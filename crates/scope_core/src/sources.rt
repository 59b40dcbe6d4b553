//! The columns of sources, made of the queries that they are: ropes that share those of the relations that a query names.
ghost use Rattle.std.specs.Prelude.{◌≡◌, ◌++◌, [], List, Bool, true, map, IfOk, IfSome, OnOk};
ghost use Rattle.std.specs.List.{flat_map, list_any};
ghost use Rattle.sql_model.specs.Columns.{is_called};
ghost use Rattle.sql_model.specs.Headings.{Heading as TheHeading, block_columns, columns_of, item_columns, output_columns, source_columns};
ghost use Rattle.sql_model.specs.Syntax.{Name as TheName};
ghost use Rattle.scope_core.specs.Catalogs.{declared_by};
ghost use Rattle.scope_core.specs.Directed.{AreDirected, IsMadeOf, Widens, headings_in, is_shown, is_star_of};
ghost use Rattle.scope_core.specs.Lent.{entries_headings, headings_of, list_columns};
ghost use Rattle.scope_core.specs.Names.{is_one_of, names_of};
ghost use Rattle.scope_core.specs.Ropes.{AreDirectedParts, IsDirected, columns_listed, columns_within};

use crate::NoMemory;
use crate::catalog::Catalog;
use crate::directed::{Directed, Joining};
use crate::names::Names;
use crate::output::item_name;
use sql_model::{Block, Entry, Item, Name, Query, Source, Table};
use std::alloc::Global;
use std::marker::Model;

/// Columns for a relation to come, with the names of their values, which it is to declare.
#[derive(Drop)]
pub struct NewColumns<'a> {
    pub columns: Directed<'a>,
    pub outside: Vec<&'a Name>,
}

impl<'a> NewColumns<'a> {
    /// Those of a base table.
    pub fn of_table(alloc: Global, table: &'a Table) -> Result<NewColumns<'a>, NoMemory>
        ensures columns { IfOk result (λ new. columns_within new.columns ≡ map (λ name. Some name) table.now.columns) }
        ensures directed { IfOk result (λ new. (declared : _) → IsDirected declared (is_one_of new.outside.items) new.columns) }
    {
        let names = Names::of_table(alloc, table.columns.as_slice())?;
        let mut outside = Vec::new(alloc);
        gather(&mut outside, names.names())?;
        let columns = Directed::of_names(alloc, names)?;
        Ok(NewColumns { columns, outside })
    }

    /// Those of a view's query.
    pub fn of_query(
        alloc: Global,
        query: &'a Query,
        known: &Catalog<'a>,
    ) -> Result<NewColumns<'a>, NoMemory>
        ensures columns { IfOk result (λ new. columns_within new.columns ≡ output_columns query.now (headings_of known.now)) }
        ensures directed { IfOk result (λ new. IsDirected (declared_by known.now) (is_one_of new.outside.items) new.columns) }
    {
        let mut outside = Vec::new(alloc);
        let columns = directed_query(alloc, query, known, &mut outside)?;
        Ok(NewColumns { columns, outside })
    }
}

□ □ □ □ □ □ □

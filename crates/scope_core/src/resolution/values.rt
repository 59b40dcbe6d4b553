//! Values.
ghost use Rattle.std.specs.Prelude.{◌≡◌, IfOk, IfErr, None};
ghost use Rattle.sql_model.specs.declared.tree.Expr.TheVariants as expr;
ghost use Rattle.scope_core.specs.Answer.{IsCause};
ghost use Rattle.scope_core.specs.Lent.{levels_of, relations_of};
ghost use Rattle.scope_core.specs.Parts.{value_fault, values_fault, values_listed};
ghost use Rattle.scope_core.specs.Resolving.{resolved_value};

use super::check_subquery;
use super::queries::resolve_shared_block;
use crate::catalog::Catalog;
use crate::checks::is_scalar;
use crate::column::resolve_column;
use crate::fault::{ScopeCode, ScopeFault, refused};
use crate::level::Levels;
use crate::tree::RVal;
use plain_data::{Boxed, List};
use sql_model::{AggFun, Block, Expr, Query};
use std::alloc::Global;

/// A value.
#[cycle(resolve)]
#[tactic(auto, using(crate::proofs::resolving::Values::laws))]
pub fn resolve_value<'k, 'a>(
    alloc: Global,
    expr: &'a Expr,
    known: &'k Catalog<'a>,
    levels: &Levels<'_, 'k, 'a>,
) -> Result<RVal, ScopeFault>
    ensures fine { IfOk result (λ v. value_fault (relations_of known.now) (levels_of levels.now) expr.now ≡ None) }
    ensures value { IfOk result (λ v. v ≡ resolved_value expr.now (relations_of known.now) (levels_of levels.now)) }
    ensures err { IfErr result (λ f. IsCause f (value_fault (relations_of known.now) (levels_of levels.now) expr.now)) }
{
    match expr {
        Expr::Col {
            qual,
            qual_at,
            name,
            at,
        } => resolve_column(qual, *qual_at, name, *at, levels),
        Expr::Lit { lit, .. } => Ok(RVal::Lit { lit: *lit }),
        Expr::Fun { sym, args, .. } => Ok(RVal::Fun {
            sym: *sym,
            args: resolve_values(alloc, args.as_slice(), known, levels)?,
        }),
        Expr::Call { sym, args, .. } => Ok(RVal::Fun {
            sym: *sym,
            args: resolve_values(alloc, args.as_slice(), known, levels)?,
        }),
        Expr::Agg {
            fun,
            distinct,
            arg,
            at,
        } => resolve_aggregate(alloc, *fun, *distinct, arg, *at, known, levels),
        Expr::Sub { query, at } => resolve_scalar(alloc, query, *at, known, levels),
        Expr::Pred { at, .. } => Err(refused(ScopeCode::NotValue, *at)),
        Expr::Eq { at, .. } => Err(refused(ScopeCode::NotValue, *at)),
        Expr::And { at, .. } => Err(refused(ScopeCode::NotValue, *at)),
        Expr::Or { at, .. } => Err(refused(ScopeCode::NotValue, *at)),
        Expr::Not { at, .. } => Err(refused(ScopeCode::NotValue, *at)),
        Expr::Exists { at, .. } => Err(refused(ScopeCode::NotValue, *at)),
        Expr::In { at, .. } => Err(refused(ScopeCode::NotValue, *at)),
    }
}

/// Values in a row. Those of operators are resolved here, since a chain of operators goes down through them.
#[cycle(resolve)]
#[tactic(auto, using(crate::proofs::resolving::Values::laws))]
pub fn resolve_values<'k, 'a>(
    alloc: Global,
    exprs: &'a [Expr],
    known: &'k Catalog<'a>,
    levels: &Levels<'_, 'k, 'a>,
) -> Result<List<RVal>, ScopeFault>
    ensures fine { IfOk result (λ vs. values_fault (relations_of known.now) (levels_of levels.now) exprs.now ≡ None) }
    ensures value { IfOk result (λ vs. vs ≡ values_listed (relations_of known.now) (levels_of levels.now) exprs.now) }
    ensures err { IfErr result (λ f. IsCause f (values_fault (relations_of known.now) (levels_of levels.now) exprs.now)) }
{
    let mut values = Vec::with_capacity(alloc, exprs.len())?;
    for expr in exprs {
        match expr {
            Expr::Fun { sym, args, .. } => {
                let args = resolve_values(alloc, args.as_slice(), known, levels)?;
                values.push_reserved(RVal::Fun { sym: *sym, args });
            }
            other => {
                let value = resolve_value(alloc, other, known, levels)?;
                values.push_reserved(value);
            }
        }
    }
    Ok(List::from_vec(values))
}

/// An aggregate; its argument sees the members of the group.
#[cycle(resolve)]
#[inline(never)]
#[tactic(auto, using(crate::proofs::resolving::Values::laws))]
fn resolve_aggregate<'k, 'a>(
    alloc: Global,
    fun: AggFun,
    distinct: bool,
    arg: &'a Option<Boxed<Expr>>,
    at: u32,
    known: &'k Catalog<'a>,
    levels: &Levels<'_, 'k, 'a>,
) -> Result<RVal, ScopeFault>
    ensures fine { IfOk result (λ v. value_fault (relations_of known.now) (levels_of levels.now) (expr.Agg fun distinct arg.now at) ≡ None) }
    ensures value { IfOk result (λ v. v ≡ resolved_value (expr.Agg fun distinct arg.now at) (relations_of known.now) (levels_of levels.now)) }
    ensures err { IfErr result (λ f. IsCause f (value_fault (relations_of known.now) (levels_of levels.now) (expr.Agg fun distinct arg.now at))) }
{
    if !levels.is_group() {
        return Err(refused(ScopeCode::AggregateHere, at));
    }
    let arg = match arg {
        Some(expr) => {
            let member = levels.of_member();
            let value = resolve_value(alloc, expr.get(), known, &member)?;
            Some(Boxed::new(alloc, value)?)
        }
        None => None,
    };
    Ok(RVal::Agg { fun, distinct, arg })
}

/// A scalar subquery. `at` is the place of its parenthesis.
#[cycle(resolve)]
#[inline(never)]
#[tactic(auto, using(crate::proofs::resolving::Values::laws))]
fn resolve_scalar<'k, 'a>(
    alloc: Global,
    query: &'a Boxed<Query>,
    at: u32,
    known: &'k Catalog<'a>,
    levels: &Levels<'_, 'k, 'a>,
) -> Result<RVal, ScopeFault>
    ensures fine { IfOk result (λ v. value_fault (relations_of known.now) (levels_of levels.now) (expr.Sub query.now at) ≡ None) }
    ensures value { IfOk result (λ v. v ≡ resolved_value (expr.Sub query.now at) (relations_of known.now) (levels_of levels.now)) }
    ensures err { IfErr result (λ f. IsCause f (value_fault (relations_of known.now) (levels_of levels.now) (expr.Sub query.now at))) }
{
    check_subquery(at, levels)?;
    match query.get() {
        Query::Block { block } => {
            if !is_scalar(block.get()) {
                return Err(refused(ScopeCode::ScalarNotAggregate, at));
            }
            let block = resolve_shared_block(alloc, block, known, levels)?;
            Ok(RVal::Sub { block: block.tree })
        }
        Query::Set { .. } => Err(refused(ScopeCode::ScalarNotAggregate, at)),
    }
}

□ □ □ □ □ □ □

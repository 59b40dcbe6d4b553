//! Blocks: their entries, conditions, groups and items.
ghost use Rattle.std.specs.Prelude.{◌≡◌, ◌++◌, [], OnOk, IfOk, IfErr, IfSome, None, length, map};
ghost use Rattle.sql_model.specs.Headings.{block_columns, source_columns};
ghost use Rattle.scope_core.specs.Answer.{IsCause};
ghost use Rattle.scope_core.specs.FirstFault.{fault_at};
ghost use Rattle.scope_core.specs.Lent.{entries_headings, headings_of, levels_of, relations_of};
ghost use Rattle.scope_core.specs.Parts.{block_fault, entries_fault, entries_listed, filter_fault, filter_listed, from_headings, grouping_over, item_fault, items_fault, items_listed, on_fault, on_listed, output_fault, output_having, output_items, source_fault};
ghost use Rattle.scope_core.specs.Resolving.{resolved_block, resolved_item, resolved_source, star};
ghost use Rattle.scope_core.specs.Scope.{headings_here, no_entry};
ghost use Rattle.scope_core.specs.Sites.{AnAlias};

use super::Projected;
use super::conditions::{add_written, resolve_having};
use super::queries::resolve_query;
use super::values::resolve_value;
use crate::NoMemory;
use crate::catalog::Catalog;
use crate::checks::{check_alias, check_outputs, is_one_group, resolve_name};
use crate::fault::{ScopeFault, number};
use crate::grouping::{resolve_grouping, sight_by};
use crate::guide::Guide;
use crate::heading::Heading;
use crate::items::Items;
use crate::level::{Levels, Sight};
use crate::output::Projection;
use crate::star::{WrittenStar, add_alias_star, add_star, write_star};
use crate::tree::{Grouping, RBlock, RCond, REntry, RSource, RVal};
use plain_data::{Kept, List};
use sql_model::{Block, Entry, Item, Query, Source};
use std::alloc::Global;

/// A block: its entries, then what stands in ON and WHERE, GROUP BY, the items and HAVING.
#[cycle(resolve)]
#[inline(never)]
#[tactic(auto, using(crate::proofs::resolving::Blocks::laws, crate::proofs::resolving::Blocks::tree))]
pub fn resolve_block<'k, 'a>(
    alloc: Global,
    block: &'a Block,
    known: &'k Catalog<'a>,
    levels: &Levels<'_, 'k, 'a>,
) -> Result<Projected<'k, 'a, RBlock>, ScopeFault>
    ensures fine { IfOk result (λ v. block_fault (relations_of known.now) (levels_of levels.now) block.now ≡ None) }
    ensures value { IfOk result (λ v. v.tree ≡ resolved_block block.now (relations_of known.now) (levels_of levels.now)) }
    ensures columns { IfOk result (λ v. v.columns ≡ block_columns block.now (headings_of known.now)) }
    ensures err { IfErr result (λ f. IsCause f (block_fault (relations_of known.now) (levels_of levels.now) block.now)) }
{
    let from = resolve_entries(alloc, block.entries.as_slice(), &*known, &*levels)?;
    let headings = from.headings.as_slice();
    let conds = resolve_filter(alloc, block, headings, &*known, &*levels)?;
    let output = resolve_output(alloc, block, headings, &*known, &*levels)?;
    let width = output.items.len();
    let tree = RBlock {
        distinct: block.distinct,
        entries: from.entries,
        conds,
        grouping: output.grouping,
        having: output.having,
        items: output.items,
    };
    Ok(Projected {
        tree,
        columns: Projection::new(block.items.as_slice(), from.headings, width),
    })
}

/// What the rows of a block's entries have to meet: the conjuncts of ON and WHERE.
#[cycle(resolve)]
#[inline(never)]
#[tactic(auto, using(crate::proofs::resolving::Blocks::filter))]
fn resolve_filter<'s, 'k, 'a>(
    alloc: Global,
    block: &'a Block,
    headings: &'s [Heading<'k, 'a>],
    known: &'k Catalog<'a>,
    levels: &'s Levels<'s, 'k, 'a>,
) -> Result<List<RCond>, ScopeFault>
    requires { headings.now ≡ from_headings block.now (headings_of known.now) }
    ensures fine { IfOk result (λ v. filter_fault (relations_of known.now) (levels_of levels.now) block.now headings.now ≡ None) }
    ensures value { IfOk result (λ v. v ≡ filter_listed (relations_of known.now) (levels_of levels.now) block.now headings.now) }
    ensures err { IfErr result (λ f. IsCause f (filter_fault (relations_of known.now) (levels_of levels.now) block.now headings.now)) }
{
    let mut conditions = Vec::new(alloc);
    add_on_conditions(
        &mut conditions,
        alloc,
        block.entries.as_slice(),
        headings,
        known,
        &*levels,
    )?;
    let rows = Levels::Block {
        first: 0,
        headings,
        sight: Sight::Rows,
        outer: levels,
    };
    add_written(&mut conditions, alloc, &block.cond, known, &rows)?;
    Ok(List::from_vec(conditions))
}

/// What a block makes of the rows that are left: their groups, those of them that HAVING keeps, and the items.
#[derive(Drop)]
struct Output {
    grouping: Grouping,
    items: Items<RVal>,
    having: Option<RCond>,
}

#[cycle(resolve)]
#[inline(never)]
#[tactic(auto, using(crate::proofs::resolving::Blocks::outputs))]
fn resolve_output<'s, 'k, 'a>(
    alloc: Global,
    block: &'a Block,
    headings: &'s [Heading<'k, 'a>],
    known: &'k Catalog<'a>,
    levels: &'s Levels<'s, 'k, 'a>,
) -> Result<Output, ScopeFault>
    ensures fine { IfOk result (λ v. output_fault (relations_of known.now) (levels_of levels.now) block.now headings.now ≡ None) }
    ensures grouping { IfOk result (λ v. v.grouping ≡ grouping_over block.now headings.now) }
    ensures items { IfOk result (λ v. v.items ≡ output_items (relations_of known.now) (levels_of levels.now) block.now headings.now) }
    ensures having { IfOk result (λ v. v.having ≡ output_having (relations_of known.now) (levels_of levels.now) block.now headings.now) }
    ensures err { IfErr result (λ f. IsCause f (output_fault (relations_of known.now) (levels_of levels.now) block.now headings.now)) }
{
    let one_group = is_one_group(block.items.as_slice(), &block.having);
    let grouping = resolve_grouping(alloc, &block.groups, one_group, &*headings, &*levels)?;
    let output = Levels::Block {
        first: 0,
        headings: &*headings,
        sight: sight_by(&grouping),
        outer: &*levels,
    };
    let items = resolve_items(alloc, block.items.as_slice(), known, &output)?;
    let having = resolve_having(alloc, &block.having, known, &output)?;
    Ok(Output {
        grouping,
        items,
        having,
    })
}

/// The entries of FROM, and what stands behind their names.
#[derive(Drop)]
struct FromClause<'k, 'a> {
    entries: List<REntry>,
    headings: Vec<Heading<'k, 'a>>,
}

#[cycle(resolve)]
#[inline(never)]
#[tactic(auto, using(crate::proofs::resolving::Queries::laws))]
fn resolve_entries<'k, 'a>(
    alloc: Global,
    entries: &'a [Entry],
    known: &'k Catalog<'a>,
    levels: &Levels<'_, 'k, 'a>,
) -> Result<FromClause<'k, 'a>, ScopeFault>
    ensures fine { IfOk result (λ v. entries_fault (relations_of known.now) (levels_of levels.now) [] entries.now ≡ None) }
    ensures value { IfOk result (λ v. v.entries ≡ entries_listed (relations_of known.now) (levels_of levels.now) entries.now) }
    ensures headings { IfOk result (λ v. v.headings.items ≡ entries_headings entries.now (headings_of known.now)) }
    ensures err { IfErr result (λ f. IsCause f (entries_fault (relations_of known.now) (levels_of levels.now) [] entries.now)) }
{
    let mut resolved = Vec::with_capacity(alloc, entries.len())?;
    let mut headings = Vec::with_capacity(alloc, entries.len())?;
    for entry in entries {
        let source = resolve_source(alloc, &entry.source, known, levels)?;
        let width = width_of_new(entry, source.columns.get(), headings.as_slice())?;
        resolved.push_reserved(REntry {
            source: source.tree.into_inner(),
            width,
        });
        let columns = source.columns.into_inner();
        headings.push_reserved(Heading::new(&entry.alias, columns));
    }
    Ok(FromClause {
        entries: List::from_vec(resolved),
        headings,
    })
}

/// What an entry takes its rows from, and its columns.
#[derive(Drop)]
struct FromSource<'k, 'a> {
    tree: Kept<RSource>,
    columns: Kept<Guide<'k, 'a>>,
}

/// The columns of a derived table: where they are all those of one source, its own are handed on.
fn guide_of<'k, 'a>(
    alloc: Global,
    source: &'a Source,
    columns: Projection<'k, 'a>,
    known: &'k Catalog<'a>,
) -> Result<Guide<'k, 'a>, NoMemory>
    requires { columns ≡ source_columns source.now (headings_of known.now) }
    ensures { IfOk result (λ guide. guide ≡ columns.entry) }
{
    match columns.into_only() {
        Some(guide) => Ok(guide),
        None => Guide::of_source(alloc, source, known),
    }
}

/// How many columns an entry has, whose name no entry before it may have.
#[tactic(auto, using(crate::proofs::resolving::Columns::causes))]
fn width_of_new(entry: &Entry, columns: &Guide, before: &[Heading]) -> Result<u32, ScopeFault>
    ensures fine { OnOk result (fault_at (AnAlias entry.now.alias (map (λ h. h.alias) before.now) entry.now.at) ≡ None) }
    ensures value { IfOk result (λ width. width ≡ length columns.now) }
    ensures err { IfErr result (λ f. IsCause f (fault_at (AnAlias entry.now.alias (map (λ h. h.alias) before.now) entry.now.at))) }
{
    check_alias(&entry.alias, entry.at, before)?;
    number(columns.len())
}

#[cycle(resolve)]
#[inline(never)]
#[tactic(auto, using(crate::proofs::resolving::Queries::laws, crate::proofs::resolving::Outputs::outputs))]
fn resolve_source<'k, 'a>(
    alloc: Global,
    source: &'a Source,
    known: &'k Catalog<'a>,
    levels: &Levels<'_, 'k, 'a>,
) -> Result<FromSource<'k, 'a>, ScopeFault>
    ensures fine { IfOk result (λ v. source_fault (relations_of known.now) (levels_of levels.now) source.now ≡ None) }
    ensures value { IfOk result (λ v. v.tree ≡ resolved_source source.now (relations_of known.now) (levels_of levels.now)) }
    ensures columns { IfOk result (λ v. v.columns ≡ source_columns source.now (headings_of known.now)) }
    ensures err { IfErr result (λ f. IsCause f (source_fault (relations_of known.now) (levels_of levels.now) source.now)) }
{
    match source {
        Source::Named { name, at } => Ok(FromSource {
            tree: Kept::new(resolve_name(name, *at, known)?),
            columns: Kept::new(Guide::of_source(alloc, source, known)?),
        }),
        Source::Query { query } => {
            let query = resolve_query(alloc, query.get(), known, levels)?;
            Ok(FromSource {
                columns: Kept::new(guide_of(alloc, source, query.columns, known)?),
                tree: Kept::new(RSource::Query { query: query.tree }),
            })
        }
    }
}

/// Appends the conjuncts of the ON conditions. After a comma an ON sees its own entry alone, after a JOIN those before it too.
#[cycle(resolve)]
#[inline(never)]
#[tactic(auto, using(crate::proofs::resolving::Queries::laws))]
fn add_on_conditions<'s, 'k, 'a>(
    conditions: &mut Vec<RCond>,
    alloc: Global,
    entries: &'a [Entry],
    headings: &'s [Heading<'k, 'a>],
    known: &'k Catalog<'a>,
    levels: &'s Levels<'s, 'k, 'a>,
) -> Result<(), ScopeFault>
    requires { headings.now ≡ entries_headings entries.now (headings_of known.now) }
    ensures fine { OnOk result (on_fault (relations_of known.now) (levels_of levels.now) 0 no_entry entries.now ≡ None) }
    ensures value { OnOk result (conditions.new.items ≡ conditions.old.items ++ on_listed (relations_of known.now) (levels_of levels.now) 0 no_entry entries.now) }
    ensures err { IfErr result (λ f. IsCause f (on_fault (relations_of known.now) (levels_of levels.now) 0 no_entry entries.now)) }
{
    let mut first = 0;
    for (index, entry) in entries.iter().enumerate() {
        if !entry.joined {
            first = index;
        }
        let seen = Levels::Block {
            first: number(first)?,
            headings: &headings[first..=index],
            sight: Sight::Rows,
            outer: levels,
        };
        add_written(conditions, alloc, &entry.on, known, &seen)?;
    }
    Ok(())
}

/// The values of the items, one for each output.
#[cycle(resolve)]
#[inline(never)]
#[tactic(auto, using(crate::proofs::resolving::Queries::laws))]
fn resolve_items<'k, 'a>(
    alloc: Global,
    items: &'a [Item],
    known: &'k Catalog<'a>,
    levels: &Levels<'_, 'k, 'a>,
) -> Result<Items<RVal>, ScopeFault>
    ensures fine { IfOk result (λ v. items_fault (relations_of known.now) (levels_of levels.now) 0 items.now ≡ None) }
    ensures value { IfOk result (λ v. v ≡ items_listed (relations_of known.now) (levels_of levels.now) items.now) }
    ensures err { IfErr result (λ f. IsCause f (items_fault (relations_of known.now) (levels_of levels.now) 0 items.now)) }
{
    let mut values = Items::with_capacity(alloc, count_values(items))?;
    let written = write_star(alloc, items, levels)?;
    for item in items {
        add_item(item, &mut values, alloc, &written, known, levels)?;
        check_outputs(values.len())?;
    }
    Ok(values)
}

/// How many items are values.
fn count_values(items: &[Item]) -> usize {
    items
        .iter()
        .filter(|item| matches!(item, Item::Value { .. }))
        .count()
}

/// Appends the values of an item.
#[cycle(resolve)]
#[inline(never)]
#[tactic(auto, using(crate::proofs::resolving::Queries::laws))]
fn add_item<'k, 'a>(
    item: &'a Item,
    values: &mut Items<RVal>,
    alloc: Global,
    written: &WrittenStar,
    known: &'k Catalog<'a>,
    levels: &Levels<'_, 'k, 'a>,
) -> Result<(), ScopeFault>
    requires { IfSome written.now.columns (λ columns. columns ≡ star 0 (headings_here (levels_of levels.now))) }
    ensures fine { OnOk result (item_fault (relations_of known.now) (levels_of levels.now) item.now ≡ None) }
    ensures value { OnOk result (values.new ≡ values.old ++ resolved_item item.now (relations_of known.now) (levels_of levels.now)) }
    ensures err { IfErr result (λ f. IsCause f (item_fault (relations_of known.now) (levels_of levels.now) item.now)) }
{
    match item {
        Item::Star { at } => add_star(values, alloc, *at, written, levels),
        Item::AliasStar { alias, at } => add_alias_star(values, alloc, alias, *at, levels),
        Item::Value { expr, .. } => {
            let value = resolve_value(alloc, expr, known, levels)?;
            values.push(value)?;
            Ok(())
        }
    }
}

□ □ □ □ □ □ □

PROMPT:
Of all the lines above, tally those with the word "them". Write the total only.

WRITTEN RESPONSE:
2